Ranton is a hamlet and civil parish in Staffordshire, England, situated 3.5 mi west of Stafford, 2.5 mi east of Woodseaves and 2 mi northeast of Gnosall. The population taken at the 2011 census was 382.
As of 2013, both public houses that once operated in Ranton were bought and subsequently removed from operation. Due to this, Ranton is now listed as a hamlet.

==History==
Ranton is listed under the Pirehill Hundred section of the Domesday Book of 1086. There is debate as to how the name Ranton was spelt prior to the 18th century, possibilities include 'Ronton', 'Rantone' (as named in the Domesday Book) and 'Rantun' (rarely used).

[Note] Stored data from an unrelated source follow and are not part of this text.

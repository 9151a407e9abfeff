//! The live cells that a step leaves, counted from the change that is told of it.
ghost use Rattle.std.specs.Prelude.{◌≡◌, min};
ghost use Rattle.cpc_tree.specs.Erase.{Names, function_of};
ghost use Rattle.cpc_check_rules.specs.Apart.{AreApart};
ghost use Rattle.cpc_eval_values.specs.Shown.{store_of};
ghost use Rattle.cpc_eval_index.specs.Indexed.{items_of, IsOwn};
ghost use Rattle.cpc_meaning_laws.specs.Cell.Cells.{call_cells};
ghost use Rattle.cpc_native_changes.specs.Foreseen.{EntersOwnly};
ghost use Rattle.cpc_native_frames.specs.Frames.{RiseFrom};
ghost use Rattle.cpc_native_frames.specs.Made.{slots_of};
ghost use Rattle.cpc_native.specs.Next.{IsCounted, greatest};

use cpc_eval::Slot;
use cpc_eval_index::Index;
use cpc_native_changes::Change;
use cpc_native_frames::{call_cells, slots_cells};
use cpc_store::Store;
use cpc_tree::program::Function;

// The cells that a call of a function of the program takes.
fn called_cells(index: &Index<'_>, function: &Function) -> u64
    requires { IsOwn index.now function.now }
    ensures { (names : Names) → AreApart names → result ≡ min (call_cells (items_of names index.now) (function_of names function.now)) greatest }
{
    match index.locals(function.word.name) {
        Some(locals) => call_cells(index, &locals),
        None => unreachable!(),
    }
}

/// How many cells are live after a change, where so many were before it and these are the variables of the innermost call.
pub(crate) fn counted(
    live: u64,
    change: Change<'_>,
    index: &Index<'_>,
    slots: &[Slot],
    store: &Store,
) -> u64
    requires own { EntersOwnly index.now change }
    requires rise { RiseFrom 0 slots.now }
    ensures { (names : Names) → AreApart names → IsCounted names (items_of names index.now) (store_of names store.now) (slots_of names slots.now) live change.entry result }
{
    match change {
        Change::Stays => live,
        Change::Enters(function) => live.saturating_add(called_cells(index, function)),
        Change::Leaves => match slots_cells(slots, store) {
            Some(cells) => live.saturating_sub(cells),
            None => live,
        },
        Change::Makes(cells) => live.saturating_add(cells),
        Change::Frees(cells) => live.saturating_sub(cells),
    }
}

==All Saints’ Church, Ranton==
All Saints’ Church, Ranton, is a small ancient structure, dating from the 13th century.

The building was renovated in 1753, when the chancel was built. The east window was probably put in at this time. The bell turret was removed in 1889, but was re-erected in the 1940s in memory of Frank Russell and John Owen Timms, two local men who lost their lives in the Second World War. The new turret was not strong enough to support the bells, which had to be removed and put onto storage until the turret was rebuilt. The church has a small bell-tower at the west end of the nave with two bells, and was repaired and a gallery erected in 1840. The restoration was supervised by Staffordshire ecclesiastical architect Andrew Capper. The parish registers commence in 1655. The original registers for the period 1655-1993 (Baptisms), 1655-1984 (Marriages) & 1655-1993 (Burials) are deposited at Staffordshire Record Office. Bishops’ Transcripts, 1660-1868 (with gaps 1840–1854) are deposited at Lichfield Record office.

The ruins of both Ranton Abbey and Abbey House stand nearby.